На кухне целыми днями топилась плита. В огромном чёрном котле варился картофель для свиней, в котле поменьше — сенная труха для тёлки, в чугуне — обед. Пока носила скотине сено, огонь в плите погас, и пришлось растапливать её заново. А в это время пара гусей в маленьком закутке нетерпеливо гоготала и бунтовала так, что слышно было даже здесь. Сидя возле больной, Гундега услышала крики ненасытных птиц и озабоченно подумала о том, что замоченные для них хлебные корки давно уже размякли и надо бы их вывалить в корытце, отнести гусям. Пора и морковь принести из погреба и вымыть её. С утра ещё стоит грязная посуда. Не забыть бы ошпарить кипятком подойник и цедилку…

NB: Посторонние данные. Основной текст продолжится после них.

// What stands before the names in a type's text, by kind: all of it, of a scalar.
ghost use Rattle.std.specs.Prelude.{◌≡◌, ◌++◌};
ghost use Rattle.enums.specs.Types.{tag_tile, tag_tensor_view, tag_strided_view};
ghost use Rattle.format.specs.Kinds.{a_tile, a_tensor_view, a_strided_view};
ghost use Rattle.format.specs.Names.{ascii, scalar_names, name_of_tag};
ghost use Rattle.sheet.specs.Store.{words_in};
ghost use Rattle.text.specs.Text.{Put};
ghost use Rattle.kinds.specs.Kinds.{shown};
ghost use Rattle.kinds.specs.Parts.{shaped, opening};

use crate::{Kind, after_list};
use text::Pen;
use text::numbers::Number;

// The name of a scalar, or of Token; nothing, of another tag.
#[tactic(auto, unfolding(format::specs::Names::name_of_tag, exact::specs::Choice::choose))]
fn scalar_name(tag: u64) -> &'static [u8]
    ensures { result.now ≡ name_of_tag scalar_names tag }
{
    match tag {
        0 => b"i1",
        1 => b"i8",
        2 => b"i16",
        3 => b"i32",
        4 => b"i64",
        5 => b"f16",
        6 => b"bf16",
        7 => b"f32",
        8 => b"tf32",
        9 => b"f64",
        10 => b"f8e4m3fn",
        11 => b"f8e5m2",
        17 => b"token",
        18 => b"f8e8m0fnu",
        19 => b"f4e2m1fn",
        22 => b"i4",
        0x82 => b"f8e5m3fnu",
        _ => b"",
    }
}

// The dims and their x. A tile of rank 0 has neither.
fn tile(sheet: &[u8], at: usize, out: &mut [u8], pen: Pen) -> Pen
    ensures { Put (opening a_tile tag_tile (words_in sheet.now) at) pen out.old out.new result }
{
    let rank = at.wrapping_add(2);
    let opened = pen.put_text(out, b"tile<");
    let dims = opened.put_list(out, sheet, rank, Number::I64, b'x');
    if sheet::word_at(sheet, rank) == 0 {
        return dims;
    }
    dims.put_byte(out, b'x')
}

// The shape and an x, which a tensor view of rank 0 has as well.
fn tensor_view(sheet: &[u8], at: usize, out: &mut [u8], pen: Pen) -> Pen
    ensures { Put (opening a_tensor_view tag_tensor_view (words_in sheet.now) at) pen out.old out.new result }
{
    let rank = at.wrapping_add(3);
    pen.put_text(out, b"tensor_view<")
        .put_list(out, sheet, rank, Number::Dynamic, b'x')
        .put_byte(out, b'x')
}

// The name of a view's kind, and the shape of its tile.
fn shape(sheet: &[u8], at: usize, kind: &[u8], out: &mut [u8], pen: Pen) -> Pen
    ensures { Put (shaped kind.now (words_in sheet.now) at) pen out.old out.new result }
{
    let rank = at.wrapping_add(2);
    pen.put_text(out, kind)
        .put_list(out, sheet, rank, Number::I32, b'x')
}

fn view(sheet: &[u8], at: usize, kind: &[u8], out: &mut [u8], pen: Pen) -> Pen
    ensures { Put (shaped kind.now (words_in sheet.now) at ++ ascii "), tv=") pen out.old out.new result }
{
    shape(sheet, at, kind, out, pen).put_text(out, b"), tv=")
}

fn strided_view(sheet: &[u8], at: usize, out: &mut [u8], pen: Pen) -> Pen
    ensures { Put (opening a_strided_view tag_strided_view (words_in sheet.now) at) pen out.old out.new result }
{
    let word = after_list(sheet, at.wrapping_add(2));
    shape(sheet, at, b"strided_view<tile=(", out, pen)
        .put_text(out, b"), traversal_strides=[")
        .put_list(out, sheet, word, Number::I32, b',')
        .put_text(out, b"], tv=")
}

// What stands before the names, by kind.
#[tactic(auto, unfolding(crate::specs::Parts::opening))]
pub fn put_opening(sheet: &[u8], kind: Kind, tag: u64, at: usize, out: &mut [u8], pen: Pen) -> Pen
    ensures { Put (opening (shown kind) tag (words_in sheet.now) at) pen out.old out.new result }
{
    match kind {
        Kind::Pointer => pen.put_text(out, b"ptr<"),
        Kind::Tile => tile(sheet, at, out, pen),
        Kind::TensorView => tensor_view(sheet, at, out, pen),
        Kind::PartitionView => view(sheet, at, b"partition_view<tile=(", out, pen),
        Kind::Function => pen.put_text(out, b"("),
        Kind::GatherScatterView => view(sheet, at, b"gather_scatter_view<tile=(", out, pen),
        Kind::StridedView => strided_view(sheet, at, out, pen),
        Kind::Plain => pen.put_text(out, scalar_name(tag)),
    }
}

Гундеге стыдно было, сидя у постели больной, спокойно и ласково смотревшей на неё, думать о каких-то мочёных корках и немытой посуде. Её угнетало сознание вины, хотя больная и не догадывалась, о чём думала девушка, а если бы и догадалась, то, конечно, не осудила, а, напротив, похвалила бы её. Болезнь как-то сразу оторвала Лиену от повседневности, поставила её выше всего этого, и там не было места мелочам. Осталась лишь прожитая жизнь да ворота, в которые она уйдёт, когда перестанет биться больное, усталое сердце. Но по мере того как Лиена превозмогала болезнь, её всё чаще одолевали думы о будничных делах. Она будто прозрела, дивясь тому, что мир не ограничивается стенами её комнаты, и как только это произошло, помещение сделалось тесным. Её взгляд всё чаще останавливался на противоположной стене с однообразными, надоевшими цветами на обоях, всматриваться в которые раньше никогда не было времени. Тогда казалось, не всё ли равно, какие они — зелёные, жёлтые или красные. А вот сейчас эти причудливые выгоревшие цветы на стене просто опротивели. Гундега где-то разыскала первые подснежники — два белых нежных колокольчика — и поставила их в стакан. Неужели наступает весна? Ах, как долго она проболела!..
Гундега теперь очень мало спала. Только поздней ночью ей удавалось прилечь; утром казалось, что сна-то и не было: не успела закрыть глаза, смотришь — пора вставать. Однажды, сидя возле кровати Лиены, она неожиданно задремала. Сколько длился сон, она не знала. Очнувшись, она подняла голову и увидела рядом с собой лицо Лиены.
Гундега вскочила.
— Вам нехорошо, бабушка?
Лиена безмолвно опустилась на подушку. Только рука, ещё больше высохшая за эти несколько недель, протянулась к Гундеге, но, не коснувшись её плеча, бессильно упала…
— Почему ты такая грустная? — спросила вечером Илма Гундегу.
— Так просто.
— Переутомилась ты. Пусть Фредис хоть воды наносит в бочку. Фреди, ты слышишь?
В соседней комнате раздалось шарканье шлёпанцев Фредиса.
— Слушаюсь, госпожа! — отозвался он.
На этот раз Илма не обратила внимания на ненавистное насмешливое словечко.